At times the pace of work would slow down. In 2011, Jason required major spinal surgery after being hit by a drunk driver on his morning commute to work.

“Many days we were ready to throw in the towel,” adds Jason. “The injuries severely hampered my ability to continue repairs at the same level as was previously done.”

Being parents also put their project on hold. Their daughters Amelia and Natalie were both born during the time of their remodel. “Funny how kids can whittle down that thing we used to call ‘free time,’” says Jason.

Now, six years and two kids later, 526 is finished and has had a family renting it for three years. Next door, 528 still has a little way to go. The kitchen needs new cabinets, flooring and a new vent over the stove. Plus, a large hole in the ceiling of Jason’s office needs to be closed.
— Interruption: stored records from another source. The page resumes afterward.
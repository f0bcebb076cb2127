//! Relations between domain names: parents, suffixes, first and last labels, and texts with an origin.
use crate::tests::{labels_text, shown, unwrap};
use octseq::{Array, AsOctets, Octets, Parser};
use octseq_asserts::{Case, assert_equal, over_each};
use octseq_dns_name::error::FromTextError;
use octseq_dns_name::{Name, ParsedName};
use std::alloc::AllocGlobal;
use std::process::Abort;

/// Reads the name at an offset of a message.
fn name_at<R: Octets + Copy>(rt: &impl Abort, octets: R, place: usize) -> ParsedName<R> {
    let mut parser = Parser::from_ref(octets);
    unwrap(rt, parser.seek(place));
    unwrap(rt, ParsedName::parse(&mut parser))
}

/// `WWW.example.COM.` at 16, by pointers; `example.COM.` at 6, `COM.` at 1, the root at 0, and pointers alone at 22 and
/// 24.
const MESSAGE: &[u8] = b"\x00\x03COM\x00\x07example\xC0\x01\x03WWW\xC0\x06\xC0\x10\xC0\x00";

/// Checks that a name has a parent of this text, or none.
fn has_parent<R: Octets + Copy>(
    rt: &(impl Abort + AllocGlobal),
    name: &ParsedName<R>,
    text: Option<&str>,
) {
    match name.parent() {
        Some(parent) => {
            assert_equal!(rt, Some(shown(rt, &parent).as_str()), text);
            assert_equal!(rt, parent.len() < name.len(), true);
        }
        None => assert_equal!(rt, None, text),
    }
}

/// Returns the offset of the parent of the name at an offset.
fn parent_place<R: Octets + Copy>(rt: &impl Abort, octets: R, place: usize) -> Option<usize> {
    let parent = name_at(rt, octets, place).parent()?;
    Some(parent.parser().pos())
}

/// Checks that a name has suffixes of these texts.
fn has_suffixes<R: Octets + Copy>(
    rt: &(impl Abort + AllocGlobal),
    name: &ParsedName<R>,
    texts: &[&str],
) {
    assert_equal!(rt, name.iter_suffixes().count(), texts.len());
    for (suffix, text) in name.iter_suffixes().zip(texts) {
        assert_equal!(rt, shown(rt, &suffix).as_str(), *text);
    }
}

#[derive(Drop)]
struct HasParents;

impl<H: Abort + AllocGlobal> Case<H> for HasParents {
    fn holds<R: Octets + Copy>(&self, rt: &H, octets: R) {
        has_parent(rt, &name_at(rt, octets, 16), Some("example.COM."));
        has_parent(rt, &name_at(rt, octets, 22), Some("example.COM."));
        has_parent(rt, &name_at(rt, octets, 6), Some("COM."));
        has_parent(rt, &name_at(rt, octets, 1), Some("."));
        has_parent(rt, &name_at(rt, octets, 0), None);
        has_parent(rt, &name_at(rt, octets, 24), None);
    }
}

#[test]
fn a_parent_is_without_the_first_label(rt: HostRuntime) {
    unwrap(&rt, over_each(&rt, &HasParents, MESSAGE));
}

#[test]
fn a_parent_is_where_the_first_label_ends(rt: HostRuntime) {
    for (place, wanted) in [
        (0, None),
        (1, Some(5)),
        (6, Some(14)),
        (16, Some(20)),
        (22, Some(20)),
        (24, None),
    ] {
        assert_equal!(&rt, parent_place(&rt, MESSAGE, place), wanted);
    }
}

#[test]
fn a_parent_is_after_127_pointers_at_most(rt: HostRuntime) {
    let mut octets = unwrap(&rt, b"\x01a\x00\xC0\x00".to_vec(rt.alloc()));
    for count in 0..126u16 {
        for octet in (0xC003 + 2 * count).to_be_bytes() {
            unwrap(&rt, octets.push(octet));
        }
    }
    let octets = octets.as_slice();
    assert_equal!(&rt, octets.len(), 257);
    assert_equal!(&rt, parent_place(&rt, octets, 255), Some(2));
    assert_equal!(&rt, name_at(&rt, octets, 255).iter_suffixes().count(), 2);
}

#[derive(Drop)]
struct HasSuffixes;

impl<H: Abort + AllocGlobal> Case<H> for HasSuffixes {
    fn holds<R: Octets + Copy>(&self, rt: &H, octets: R) {
        let all: &[&str] = &["WWW.example.COM.", "example.COM.", "COM.", "."];
        has_suffixes(rt, &name_at(rt, octets, 16), all);
        has_suffixes(rt, &name_at(rt, octets, 22), all);
        has_suffixes(rt, &name_at(rt, octets, 24), &["."]);
    }
}

#[test]
fn suffixes_go_on_to_the_root(rt: HostRuntime) {
    unwrap(&rt, over_each(&rt, &HasSuffixes, MESSAGE));
}

/// Whether a name ends with another one, and whether it begins with it.
fn relation<R: Octets + Copy, S: Octets + Copy>(
    name: &ParsedName<R>,
    base: &ParsedName<S>,
) -> (bool, bool) {
    (name.ends_with(base), name.starts_with(base))
}

/// Whether a name of its own ends with another one, and whether it begins with it.
fn own_relation<B: AsOctets, R: Octets + Copy>(
    name: &Name<B>,
    base: &ParsedName<R>,
) -> (bool, bool) {
    (name.ends_with(base), name.starts_with(base))
}

/// Whether a name ends with the name that a text spells, and whether it begins with it.
fn relation_of<R: Octets + Copy>(
    rt: &impl Abort,
    name: &ParsedName<R>,
    text: &str,
) -> (bool, bool) {
    let base = unwrap(rt, Name::from_text(text));
    relation(name, &base.parsed())
}

#[derive(Drop)]
struct IsRelated;

impl<H: Abort + AllocGlobal> Case<H> for IsRelated {
    fn holds<R: Octets + Copy>(&self, rt: &H, octets: R) {
        let name = name_at(rt, octets, 22);
        for (text, wanted) in [
            (".", (true, true)),
            ("com.", (true, false)),
            ("EXAMPLE.com.", (true, false)),
            ("www.Example.Com.", (true, true)),
            ("www.", (false, true)),
            ("wWw.eXample.", (false, true)),
            ("example.", (false, false)),
            ("ww.", (false, false)),
            ("om.", (false, false)),
            ("wwww.example.com.", (false, false)),
            ("www.www.example.com.", (false, false)),
            ("www.example.com.com.", (false, false)),
        ] {
            assert_equal!(rt, relation_of(rt, &name, text), wanted);
        }
        assert_equal!(
            rt,
            relation_of(rt, &name_at(rt, octets, 0), "."),
            (true, true)
        );
        assert_equal!(
            rt,
            relation_of(rt, &name_at(rt, octets, 0), "com."),
            (false, false)
        );
    }
}

#[test]
fn names_end_and_begin_with_others(rt: HostRuntime) {
    unwrap(&rt, over_each(&rt, &IsRelated, MESSAGE));
}

#[test]
fn a_name_of_its_own_has_relatives_too(rt: HostRuntime) {
    let name = unwrap(&rt, Name::from_text("www.example.com."));
    let parent = unwrap(&rt, name.parent().ok_or("no parent"));
    assert_equal!(&rt, shown(&rt, &parent).as_str(), "example.com.");
    assert_equal!(
        &rt,
        unwrap(&rt, Name::from_text(".")).parent().is_none(),
        true
    );
    assert_equal!(&rt, name.iter_suffixes().count(), 4);
    let (message, first) = (name_at(&rt, MESSAGE, 6), name_at(&rt, MESSAGE, 16));
    assert_equal!(&rt, own_relation(&name, &message), (true, false));
    assert_equal!(&rt, own_relation(&name, &first), (true, true));
    has_a_copy_with_relatives(&rt, &message, &first);
}

/// Checks the relatives of a copy of `example.COM.`, which doesn't begin with a longer name.
fn has_a_copy_with_relatives<R: Octets + Copy>(
    rt: &(impl Abort + AllocGlobal),
    name: &ParsedName<R>,
    longer: &ParsedName<R>,
) {
    let copy = unwrap(rt, name.try_to_name::<Vec<u8>>(rt.alloc()));
    assert_equal!(rt, copy.ends_with(name), true);
    assert_equal!(rt, copy.starts_with(longer), false);
    assert_equal!(rt, copy.parent().is_some(), true);
    assert_equal!(rt, copy.iter_suffixes().count(), 3);
}

/// Returns the name of labels of these lengths.
fn name_of(rt: &(impl Abort + AllocGlobal), lengths: &[usize]) -> Name<Array<255>> {
    let text = labels_text(rt, lengths);
    unwrap(rt, Name::from_text(text.as_str()))
}

#[test]
fn a_name_has_127_parents_at_most(rt: HostRuntime) {
    let name = name_of(&rt, &[1; 127]);
    assert_equal!(&rt, (name.len(), name.label_count()), (255, 127));
    assert_equal!(&rt, name.iter_suffixes().count(), 128);
    for (suffix, count) in name.iter_suffixes().zip((0..128).rev()) {
        assert_equal!(&rt, suffix.label_count(), count);
        assert_equal!(&rt, name.ends_with(&suffix), true);
    }
}

#[test]
fn a_name_of_255_octets_has_relatives(rt: HostRuntime) {
    let alloc = rt.alloc();
    let name = name_of(&rt, &[63, 63, 63, 61]);
    let parent = unwrap(&rt, name.parent().ok_or("no parent"));
    assert_equal!(&rt, (name.len(), parent.len()), (255, 191));
    assert_equal!(&rt, own_relation(&name, &parent), (true, false));
    let front = name_of(&rt, &[63, 63, 63]);
    assert_equal!(&rt, own_relation(&name, &front.parsed()), (false, true));
}

/// Returns the text of the name that a text spells with an origin, or why it doesn't spell one.
fn with_origin<R: Octets + Copy>(
    rt: &(impl Abort + AllocGlobal),
    text: &str,
    origin: &ParsedName<R>,
) -> Result<String, FromTextError> {
    let name = Name::from_text_with_origin(text, origin)?;
    Ok(shown(rt, &name))
}

/// Returns why a text doesn't spell a name with an origin.
fn refusal_of<R: Octets + Copy>(text: &str, origin: &ParsedName<R>) -> Option<FromTextError> {
    Name::from_text_with_origin(text, origin).err()
}

#[derive(Drop)]
struct IsOrigin;

impl<H: Abort + AllocGlobal> Case<H> for IsOrigin {
    fn holds<R: Octets + Copy>(&self, rt: &H, octets: R) {
        let origin = name_at(rt, octets, 11);
        for (text, wanted) in [
            ("@", "ISI.EDU."),
            ("VENERA", "VENERA.ISI.EDU."),
            ("Action\\.domains", "Action\\.domains.ISI.EDU."),
            ("A.ISI.EDU.", "A.ISI.EDU."),
            ("VAXA.ISI", "VAXA.ISI.ISI.EDU."),
            (".", "."),
            ("\\@", "\\@.ISI.EDU."),
            ("a\\.", "a\\..ISI.EDU."),
            ("a\\046.", "a\\.."),
        ] {
            let spelled = unwrap(rt, with_origin(rt, text, &origin));
            assert_equal!(rt, spelled.as_str(), wanted);
        }
    }
}

#[test]
fn a_relative_name_has_the_labels_of_the_origin(rt: HostRuntime) {
    unwrap(
        &rt,
        over_each(&rt, &IsOrigin, b"\x03EDU\x00\x03ISI\xC0\x00\xC0\x05"),
    );
}

#[test]
fn the_root_may_be_the_origin(rt: HostRuntime) {
    let root = name_at(&rt, MESSAGE, 24);
    for (text, wanted) in [("@", "."), ("a", "a."), ("a.b", "a.b."), ("a.", "a.")] {
        let spelled = unwrap(&rt, with_origin(&rt, text, &root));
        assert_equal!(&rt, spelled.as_str(), wanted);
    }
}

#[test]
fn a_name_is_read_from_octets(rt: HostRuntime) {
    let origin = unwrap(&rt, Name::from_text_octets(b"example.com."));
    for (text, wanted) in [
        (b"@".as_slice(), "example.com."),
        (b"www", "www.example.com."),
        (b"\\\xFF.", "\\255."),
        (b".", "."),
    ] {
        let name = Name::from_text_octets_with_origin(text, &origin.parsed());
        assert_equal!(&rt, shown(&rt, &unwrap(&rt, name)).as_str(), wanted);
    }
}

#[test]
fn octets_that_spell_no_name_are_refused(rt: HostRuntime) {
    let root = name_at(&rt, MESSAGE, 24);
    for (text, reason) in [
        (b"a".as_slice(), FromTextError::UnexpectedEnd),
        (b"\xFF.", FromTextError::IllegalOctet),
    ] {
        assert_equal!(&rt, Name::from_text_octets(text).err(), Some(reason));
    }
    let refused = Name::from_text_octets_with_origin(b"\xFF", &root);
    assert_equal!(&rt, refused.err(), Some(FromTextError::IllegalOctet));
}

#[test]
fn a_text_with_an_origin_is_refused_by_reason(rt: HostRuntime) {
    let origin = name_at(&rt, MESSAGE, 16);
    for (text, reason) in [
        ("", FromTextError::UnexpectedEnd),
        ("..", FromTextError::EmptyLabel),
        (".a", FromTextError::EmptyLabel),
        ("a..b", FromTextError::EmptyLabel),
        ("@.", FromTextError::IllegalOctet),
        ("@@", FromTextError::IllegalOctet),
        ("a.@", FromTextError::IllegalOctet),
        ("a b", FromTextError::IllegalOctet),
        ("\\", FromTextError::IllegalEscape),
        ("a\\256", FromTextError::IllegalEscape),
    ] {
        assert_equal!(&rt, refusal_of(text, &origin), Some(reason));
    }
}

/// Returns why labels of these lengths, without a full stop after the last one, don't spell a name with an origin of 17
/// octets.
fn relative_refusal(rt: &(impl Abort + AllocGlobal), lengths: &[usize]) -> Option<FromTextError> {
    let origin = name_at(rt, MESSAGE, 16);
    let mut text = labels_text(rt, lengths);
    text.pop();
    refusal_of(text.as_str(), &origin)
}

#[test]
fn a_relative_name_has_255_octets_at_most(rt: HostRuntime) {
    let alloc = rt.alloc();
    for (last, reason) in [
        (45, None),
        (46, Some(FromTextError::LongName)),
        (63, Some(FromTextError::LongName)),
        (64, Some(FromTextError::LongLabel)),
    ] {
        assert_equal!(&rt, relative_refusal(&rt, &[63, 63, 63, last]), reason);
    }
    assert_equal!(
        &rt,
        relative_refusal(&rt, &[64]),
        Some(FromTextError::LongLabel)
    );
    assert_equal!(
        &rt,
        relative_refusal(&rt, &[63, 63, 63, 63, 1]),
        Some(FromTextError::LongName)
    );
    let whole = labels_text(&rt, &[63, 63, 63, 61]);
    let origin = name_at(&rt, MESSAGE, 16);
    assert_equal!(
        &rt,
        unwrap(&rt, Name::from_text_with_origin(whole.as_str(), &origin)).len(),
        255
    );
}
But by the end of the year, the Struthers plan to be out of 528.
“The house is getting a little small for a family of four, two cats and three chickens,” says Carry.

Their hands-on time with the houses has nearly ended. The Struthers have turned a property from a place that once radiated disrepair into a place of beauty. But relationships also needed mending.

“At one point, we were fixing the back fence that we share with five neighboring properties,” Carry recalls. “Not only were we mending the fence in a literal sense, but also in a relational sense. We have tried to be good neighbors and gently explain that while we’re legally part of the same family as Mr. Kyle, we do not share his dislike of people.”  

Both 528 and to a bigger extent 526 have become part of the Struthers. The couple is proud of what they are accomplishing, but know it’s time to move on. It may be hard not to stay and enjoy the handiwork, but Carry and Jason are happy with their decision to leave. They plan to rent out both houses.

“We have no intention of selling these two houses; they are being rebuilt to become an investment opportunity for us,” says Jason.

The Struthers agreed that they have learned much about the practical side of restoring two fixer-uppers. But they learned about themselves too. How would they sum up an endeavor like this?

“Rebuilding houses is not too dissimilar from life in general and marriages,” says Jason.  “It takes a tremendous amount of work to make it something worthwhile: effort, perseverance, a desire to make something beautiful.”